英国で走り14戦8勝。主な勝ち鞍はサセックスS(G1・8F)、クイーンエリザベス2世S(G1・8F)など。

 デビューから4連勝で重賞2勝のあと2着3着を挟んで、英国の名門レースであるサセックスS、仏ジャックルマロワ賞(2着)、クイーンエリザベス2世Sと進み、勇躍米国ブリーダーズCマイルに挑んだが、稀代の女傑ミエスク(Miesque)の11着に敗れた。ちなみにジャックルマロワ賞でもミエスクに敗れている。
 現役の時にはインディアンリッジ、ナシュワン、ジルザルとも戦っているが、89年エクリプスS(G1・10F)でナシュワンに、連覇を挑んだサセックスSではジルザルに大敗し引退、種牡馬入り。96年日本に輸入されたが、00年死亡。

 弟にイギリスダービー、アイルランドダービーを勝ったコマンダーインチーフがいる。

 戦績を見てのとおり、生粋のマイラーだということが分かる。ミエスクとは2度対戦して2度負けたが、クイーンエリザベス2世Sでは2着のサルス(Salse)に5馬身差をつける圧勝だった。

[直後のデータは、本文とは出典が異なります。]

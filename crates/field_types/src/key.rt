ghost use Rattle.std.specs.Prelude.{◌≡◌, Some, IfSome, option_map, slice_get};
ghost use Rattle.std.specs.Ordering.{nat_cmp};
ghost use Rattle.std.specs.Cmp.Lexicographic.{slice_cmp};
ghost use Rattle.field_types.specs.Field.{type_of};
ghost use Rattle.field_types.specs.Names.{row_name, rows};
ghost use Rattle.field_types.specs.Known.{IsRowOf};

use crate::FieldType;
use crate::field::{Row, compare_rows, kind_of, name_of, row_of, type_of_bytes};
use std::cmp::Ordering;
use std::marker::Model;

/// A name to look for, which may be that of a field. Contracts see its bytes. Two names of the table of fields are compared
/// by the numbers of their rows, which is as by their bytes.
#[derive(Clone, Drop)]
pub struct FieldKey<'t> {
    text: &'t str,
    row: Option<Row>,
}

impl<'t> Model for FieldKey<'t> {
    ghost use Rattle.std.specs.Prelude.{List, ℕ};
    ghost use Rattle.field_types.specs.Known.{IsRowOf};

    ghost Value = { List ℕ };

    ghost view = { λ k. k.text.now };

    ghost invariant = { λ k. IsRowOf k.row k.text.now };
}

impl<'t> FieldKey<'t> {
    /// The name of this text. It takes no memory.
    pub fn new(text: &'t str) -> FieldKey<'t>
        ensures { result ≡ text.now }
    {
        match row_of(text.as_bytes()) {
            Some(row) => FieldKey::with_row(text, Some(row)),
            None => FieldKey::with_row(text, None),
        }
    }

    // The name of this text, with its row of the table, if that is known.
    pub(crate) fn with_row(text: &'t str, row: Option<Row>) -> FieldKey<'t>
        requires { IsRowOf row text.now }
        ensures { result ≡ text.now }
    {
        FieldKey { text, row }
    }

    pub(crate) fn row(&self) -> Option<Row>
        ensures { IsRowOf result self.now }
    {
        self.row
    }

    /// The kind of the field; None exactly where there is no field of this name. It takes no memory.
    pub fn kind(&self) -> Option<FieldType>
        ensures { result ≡ type_of self.now }
    {
        match self.row {
            Some(row) => Some(kind_of(row)),
            None => type_of_bytes(self.text.as_bytes()),
        }
    }

    /// The number of its row of the table of fields, if it is known as a name of the table.
    pub fn number(&self) -> Option<u8>
        ensures { IfSome result (λ n. option_map row_name (slice_get rows n) ≡ Some self.now) }
    {
        match self.row {
            Some(row) => Some(row.number),
            None => None,
        }
    }

    pub fn as_str(&self) -> &'t str
        ensures { result.now ≡ self.now }
    {
        self.text
    }

    /// The same name, borrowed from nothing, if it is known as one of the table.
    pub fn known(&self) -> Option<FieldKey<'static>>
        ensures { IfSome result (λ known. known ≡ self.now) }
    {
        let row = self.row?;
        Some(FieldKey::with_row(name_of(row), Some(row)))
    }

    /// The order of the names' bytes.
    pub fn compare(&self, other: &FieldKey<'_>) -> Ordering
        ensures { result ≡ slice_cmp nat_cmp self.now other.now }
    {
        match (self.row, other.row) {
            (Some(row), Some(other)) => compare_rows(row, other),
            _ => self.text.as_bytes().cmp(other.text.as_bytes()),
        }
    }
}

 産駒はやはり短距離向きに出るのが多いが、Give Noticeのように長距離重賞を勝った産駒もいれば、日本に遠征してきて毎日王冠を勝ったアヌスミラビリスのような中距離馬もいる。ダンツジャッジもアメリカJCCを勝ってはいるが、ダービー卿CTも勝っているのでスタミナ兼備のマイラーといえそう。もっとも、弟のコマンダーインチーフはクラックディスタンスで活躍しているから、当然といえば当然なのだが。

 2004年高松宮記念を制したサニングデールは、日本生産馬で初のG1ウイナーとなった。これまで中京巧者だとか、G2止まりとか言われていたが、どうやら一瞬の脚にかける部分が大きいように思う。逆に言うと脚が持続しないので直線の長いコースでは仕掛けが難しいような気がする。

 血統を見た限りでは強いクロスはないし、素直にマイラーかな?という印象なのだが、8代目まで広げてみるとスピード勢力がかなり前に出ているのが分かる。

 父ウォーニング自身はナスルーラを1つ持っていてクロスはしていない。ただ欧州的なスタミナを若干持っているのでマイルまで走れたのだろうが、サニングデールの母カディザデーがナスルーラを2つ持っているため、ナスルーラの6*5*6クロスと同時に、その上のネアルコ、ファロス、ファラリスに至る血脈が自動的にクロス。この血だけで相当影響が強いと思われ、これとバランスを取ろうとするスタミナ部分に欠けた状態になっている。一本調子のスプリンターになっている要因はこれかもしれない。実際、サニングデールの距離実績は1200mに集中していて、1ハロン伸びた1400mでは3着の経験すらないのだから。

 高松宮記念では少し早めに見えた仕掛けも、豪脚を持つデュランダルを押さえ切るには絶妙なタイミングだった。デュランダルの上がり33.6秒に対しサニングデールは34.2秒だから、それまでの自身の勝ちパターンとは違っていたことが分かる。(阪急杯やCBC賞はメンバー最速の上がりで差し切り勝ちだった)

 今のところはウォーニングの代表産駒と言えるが、決してベストな血統ではない。新馬戦では同じ父を持つダンツジャッジが2着だったが、ある程度スタミナを持っている点でダンツジャッジの方がよく出来た産駒に思える。

 ナスルーラを持たない繁殖牝馬は少ないだろうが、理想的なのはナスルーラクロスを作らず(作ったとしても)、War Relic絡みやBull Dog、Tom Fool、Teddyのクロスでスタミナを確保して、Hyperion、Blue Larkspurでスピードを補う形かと思う。元々スピードはある父系なので、いかにスタミナをつけるかがポイントになる種牡馬と言える。

 ちなみにカルストンライトオもウォーニング産駒だが、サニングデールよりもナスルーラが強い。最前面にあるのはネイティヴダンサーの5*4クロスなので少々決め手に欠けるスプリンターだろうということを付記しておく。